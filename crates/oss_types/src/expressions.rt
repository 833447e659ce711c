//! The rules on expressions.
ghost use Rattle.std.specs.Prelude.{◌≡◌, map, length};
ghost use Rattle.std.specs.Option.{option_copied};
ghost use Rattle.oss_grammar.specs.Broken.{first};
ghost use Rattle.oss_grammar.specs.ExpressionRules.{argument_rules, argument_wanted, call_findings, call_kind, call_rules, callee_rules, findings, parameters_behind, parameters_of, value_rules};
ghost use Rattle.oss_grammar.specs.Scopes.{is_main};
ghost use Rattle.oss_types.specs.Seen.{seen};

use crate::finding::{Finding, at_place, before, first_of, kind_of, number, refused, taken_by};
use crate::globals::Globals;
use crate::locals::Locals;
use crate::operators::{binary, index, name, unary};
use crate::scope::Scope;
use oss_grammar::{Named, Object, ValueKind, Wanted};
use oss_syntax::{Expr, ExprKind, Function, Local, Refused, RefusedKind};

/// The first rule that an expression breaks at a place where all locals are in scope.
pub fn value(
    globals: &Globals<'_>,
    locals: &Locals<'_>,
    wanted: Wanted,
    expr: &Expr,
) -> Option<Refused>
    ensures { result ≡ first (value_rules globals.now locals.now wanted expr.now) }
{
    value_in(globals, &Scope::all(locals), wanted, expr)
}

/// The first rule that an expression breaks at a place where these locals are in scope.
pub fn value_in(
    globals: &Globals<'_>,
    locals: &Scope<'_, '_>,
    wanted: Wanted,
    expr: &Expr,
) -> Option<Refused>
    ensures { result ≡ first (value_rules globals.now locals.now wanted expr.now) }
{
    first_of(at_place(wanted, expression(globals, locals, expr)))
}

/// What is found of an expression.
#[cycle(expressions)]
pub fn expression(globals: &Globals<'_>, locals: &Scope<'_, '_>, expr: &Expr) -> Finding
    ensures { result ≡ seen (findings globals.now locals.now expr.now) }
{
    let line = expr.line;
    match &expr.what {
        ExprKind::Number(_, unsigned) => number(*unsigned, line),
        ExprKind::Name(word) => name(globals.named(locals, word.as_slice()), line),
        ExprKind::Index(base, place) => {
            let base = expression(globals, locals, base.get());
            let place = expression(globals, locals, place.get());
            index(line, base, place)
        }
        ExprKind::Unary(op, operand) => {
            let operand = expression(globals, locals, operand.get());
            unary(line, *op, operand)
        }
        ExprKind::Binary(op, left, right) => {
            let left = expression(globals, locals, left.get());
            let right = expression(globals, locals, right.get());
            binary(line, *op, left, right)
        }
        ExprKind::Call(word, values) => {
            call(
                globals,
                locals,
                word.as_slice(),
                line,
                false,
                values.as_slice(),
            )
        }
    }
}

/// A call, as a statement or not.
#[cycle(expressions)]
pub fn call(
    globals: &Globals<'_>,
    locals: &Scope<'_, '_>,
    name: &[u8],
    line: u32,
    as_statement: bool,
    values: &[Expr],
) -> Finding
    ensures { result ≡ seen (call_findings globals.now locals.now name.now line as_statement
        (map (findings globals.now locals.now) values.now)) }
{
    let named = globals.named(locals, name);
    let function = globals.function(name);
    let at_first = refusal_of_call(named, function, line, as_statement, values.len());
    Finding {
        line,
        at_first,
        behind: arguments(globals, locals, parameters(named, function), values),
        kind: kind_of_call(named, function),
        object: Object::ValueOnly,
    }
}

/// The first rule that arguments break, in the places of these parameters.
#[cycle(expressions)]
fn arguments(
    globals: &Globals<'_>,
    locals: &Scope<'_, '_>,
    params: &[Local],
    values: &[Expr],
) -> Option<Refused>
    ensures { result ≡ first (argument_rules params.now (map (findings globals.now locals.now) values.now)) }
{
    let mut left = params;
    for value in values {
        let found = at_place(wanted_of_argument(left), expression(globals, locals, value));
        match first_of(found) {
            Some(broken) => return Some(broken),
            None => {}
        }
        left = behind_first(left);
    }
    None
}

/// What the first of these parameters takes. An argument too many is allowed any value, since the count is
/// refused at the name.
fn wanted_of_argument(params: &[Local]) -> Wanted
    ensures { result ≡ argument_wanted params.now }
{
    match params.split_first() {
        Some((param, _)) => taken_by(param.kind),
        None => Wanted::Anything,
    }
}

/// The parameters of the arguments behind the first; none stay none.
fn behind_first(params: &[Local]) -> &[Local]
    ensures { result.now ≡ parameters_behind params.now }
{
    match params.split_first() {
        Some((_, behind)) => behind,
        None => params,
    }
}

/// The first rule that is broken at the name of a call with so many arguments.
fn refusal_of_call(
    named: Named,
    function: Option<&Function>,
    line: u32,
    as_statement: bool,
    count: usize,
) -> Option<Refused>
    ensures { result ≡ first (call_rules named (option_copied function.entry) line as_statement count) }
{
    match named {
        Named::Missing => Some(refused(RefusedKind::UnknownName, line)),
        Named::Function => match function {
            Some(function) => refusal_of_callee(function, line, as_statement, count),
            None => None,
        },
        _ => Some(refused(RefusedKind::WrongKind, line)),
    }
}

/// The first rule that a call of this function breaks at its name: `main` is not called, and a function with a
/// pragma gives no value.
fn refusal_of_callee(
    function: &Function,
    line: u32,
    as_statement: bool,
    count: usize,
) -> Option<Refused>
    ensures { result ≡ first (callee_rules function.now line as_statement count) }
{
    if is_named_main(function) || (function.mark.is_some() && !as_statement) {
        return Some(refused(RefusedKind::WrongKind, line));
    }
    if count != function.params.len() {
        return Some(refused(RefusedKind::WrongCount, line));
    }
    None
}

/// Whether this is a function `main`.
pub fn is_named_main(function: &Function) -> bool
    ensures { result ≡ is_main function.now.name }
{
    function.name.as_slice() == b"main".as_slice()
}

/// The parameters of what is called; none where it is no function, which is refused at its name.
fn parameters<'p>(named: Named, function: Option<&'p Function>) -> &'p [Local]
    ensures { result.now ≡ parameters_of named (option_copied function.entry) }
{
    match named {
        Named::Function => match function {
            Some(function) => function.params.as_slice(),
            None => &[],
        },
        _ => &[],
    }
}

/// The kind of a call's value: unknown where no function is called, so that nothing more is refused for it.
fn kind_of_call(named: Named, function: Option<&Function>) -> ValueKind
    ensures { result ≡ call_kind named (option_copied function.entry) }
{
    match named {
        Named::Function => match function {
            Some(function) => kind_of(function.result),
            None => ValueKind::Unknown,
        },
        _ => ValueKind::Unknown,
    }
}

== Your assignment ==
An exact copy of every line above is needed.

== Output ==
filename crates/oss_types/src/expressions.rt
repository 833447e659ce711c
//! The rules on expressions.
ghost use Rattle.std.specs.Prelude.{◌≡◌, map, length};
ghost use Rattle.std.specs.Option.{option_copied};
ghost use Rattle.oss_grammar.specs.Broken.{first};
ghost use Rattle.oss_grammar.specs.ExpressionRules.{argument_rules, argument_wanted, call_findings, call_kind, call_rules, callee_rules, findings, parameters_behind, parameters_of, value_rules};
ghost use Rattle.oss_grammar.specs.Scopes.{is_main};
ghost use Rattle.oss_types.specs.Seen.{seen};

use crate::finding::{Finding, at_place, before, first_of, kind_of, number, refused, taken_by};
use crate::globals::Globals;
use crate::locals::Locals;
use crate::operators::{binary, index, name, unary};
use crate::scope::Scope;
use oss_grammar::{Named, Object, ValueKind, Wanted};
use oss_syntax::{Expr, ExprKind, Function, Local, Refused, RefusedKind};

/// The first rule that an expression breaks at a place where all locals are in scope.
pub fn value(
    globals: &Globals<'_>,
    locals: &Locals<'_>,
    wanted: Wanted,
    expr: &Expr,
) -> Option<Refused>
    ensures { result ≡ first (value_rules globals.now locals.now wanted expr.now) }
{
    value_in(globals, &Scope::all(locals), wanted, expr)
}

/// The first rule that an expression breaks at a place where these locals are in scope.
pub fn value_in(
    globals: &Globals<'_>,
    locals: &Scope<'_, '_>,
    wanted: Wanted,
    expr: &Expr,
) -> Option<Refused>
    ensures { result ≡ first (value_rules globals.now locals.now wanted expr.now) }
{
    first_of(at_place(wanted, expression(globals, locals, expr)))
}

/// What is found of an expression.
#[cycle(expressions)]
pub fn expression(globals: &Globals<'_>, locals: &Scope<'_, '_>, expr: &Expr) -> Finding
    ensures { result ≡ seen (findings globals.now locals.now expr.now) }
{
    let line = expr.line;
    match &expr.what {
        ExprKind::Number(_, unsigned) => number(*unsigned, line),
        ExprKind::Name(word) => name(globals.named(locals, word.as_slice()), line),
        ExprKind::Index(base, place) => {
            let base = expression(globals, locals, base.get());
            let place = expression(globals, locals, place.get());
            index(line, base, place)
        }
        ExprKind::Unary(op, operand) => {
            let operand = expression(globals, locals, operand.get());
            unary(line, *op, operand)
        }
        ExprKind::Binary(op, left, right) => {
            let left = expression(globals, locals, left.get());
            let right = expression(globals, locals, right.get());
            binary(line, *op, left, right)
        }
        ExprKind::Call(word, values) => {
            call(
                globals,
                locals,
                word.as_slice(),
                line,
                false,
                values.as_slice(),
            )
        }
    }
}

/// A call, as a statement or not.
#[cycle(expressions)]
pub fn call(
    globals: &Globals<'_>,
    locals: &Scope<'_, '_>,
    name: &[u8],
    line: u32,
    as_statement: bool,
    values: &[Expr],
) -> Finding
    ensures { result ≡ seen (call_findings globals.now locals.now name.now line as_statement
        (map (findings globals.now locals.now) values.now)) }
{
    let named = globals.named(locals, name);
    let function = globals.function(name);
    let at_first = refusal_of_call(named, function, line, as_statement, values.len());
    Finding {
        line,
        at_first,
        behind: arguments(globals, locals, parameters(named, function), values),
        kind: kind_of_call(named, function),
        object: Object::ValueOnly,
    }
}

/// The first rule that arguments break, in the places of these parameters.
#[cycle(expressions)]
fn arguments(
    globals: &Globals<'_>,
    locals: &Scope<'_, '_>,
    params: &[Local],
    values: &[Expr],
) -> Option<Refused>
    ensures { result ≡ first (argument_rules params.now (map (findings globals.now locals.now) values.now)) }
{
    let mut left = params;
    for value in values {
        let found = at_place(wanted_of_argument(left), expression(globals, locals, value));
        match first_of(found) {
            Some(broken) => return Some(broken),
            None => {}
        }
        left = behind_first(left);
    }
    None
}

/// What the first of these parameters takes. An argument too many is allowed any value, since the count is
/// refused at the name.
fn wanted_of_argument(params: &[Local]) -> Wanted
    ensures { result ≡ argument_wanted params.now }
{
    match params.split_first() {
        Some((param, _)) => taken_by(param.kind),
        None => Wanted::Anything,
    }
}

/// The parameters of the arguments behind the first; none stay none.
fn behind_first(params: &[Local]) -> &[Local]
    ensures { result.now ≡ parameters_behind params.now }
{
    match params.split_first() {
        Some((_, behind)) => behind,
        None => params,
    }
}

/// The first rule that is broken at the name of a call with so many arguments.
fn refusal_of_call(
    named: Named,
    function: Option<&Function>,
    line: u32,
    as_statement: bool,
    count: usize,
) -> Option<Refused>
    ensures { result ≡ first (call_rules named (option_copied function.entry) line as_statement count) }
{
    match named {
        Named::Missing => Some(refused(RefusedKind::UnknownName, line)),
        Named::Function => match function {
            Some(function) => refusal_of_callee(function, line, as_statement, count),
            None => None,
        },
        _ => Some(refused(RefusedKind::WrongKind, line)),
    }
}

/// The first rule that a call of this function breaks at its name: `main` is not called, and a function with a
/// pragma gives no value.
fn refusal_of_callee(
    function: &Function,
    line: u32,
    as_statement: bool,
    count: usize,
) -> Option<Refused>
    ensures { result ≡ first (callee_rules function.now line as_statement count) }
{
    if is_named_main(function) || (function.mark.is_some() && !as_statement) {
        return Some(refused(RefusedKind::WrongKind, line));
    }
    if count != function.params.len() {
        return Some(refused(RefusedKind::WrongCount, line));
    }
    None
}

/// Whether this is a function `main`.
pub fn is_named_main(function: &Function) -> bool
    ensures { result ≡ is_main function.now.name }
{
    function.name.as_slice() == b"main".as_slice()
}

/// The parameters of what is called; none where it is no function, which is refused at its name.
fn parameters<'p>(named: Named, function: Option<&'p Function>) -> &'p [Local]
    ensures { result.now ≡ parameters_of named (option_copied function.entry) }
{
    match named {
        Named::Function => match function {
            Some(function) => function.params.as_slice(),
            None => &[],
        },
        _ => &[],
    }
}

/// The kind of a call's value: unknown where no function is called, so that nothing more is refused for it.
fn kind_of_call(named: Named, function: Option<&Function>) -> ValueKind
    ensures { result ≡ call_kind named (option_copied function.entry) }
{
    match named {
        Named::Function => match function {
            Some(function) => kind_of(function.result),
            None => ValueKind::Unknown,
        },
        _ => ValueKind::Unknown,
    }
}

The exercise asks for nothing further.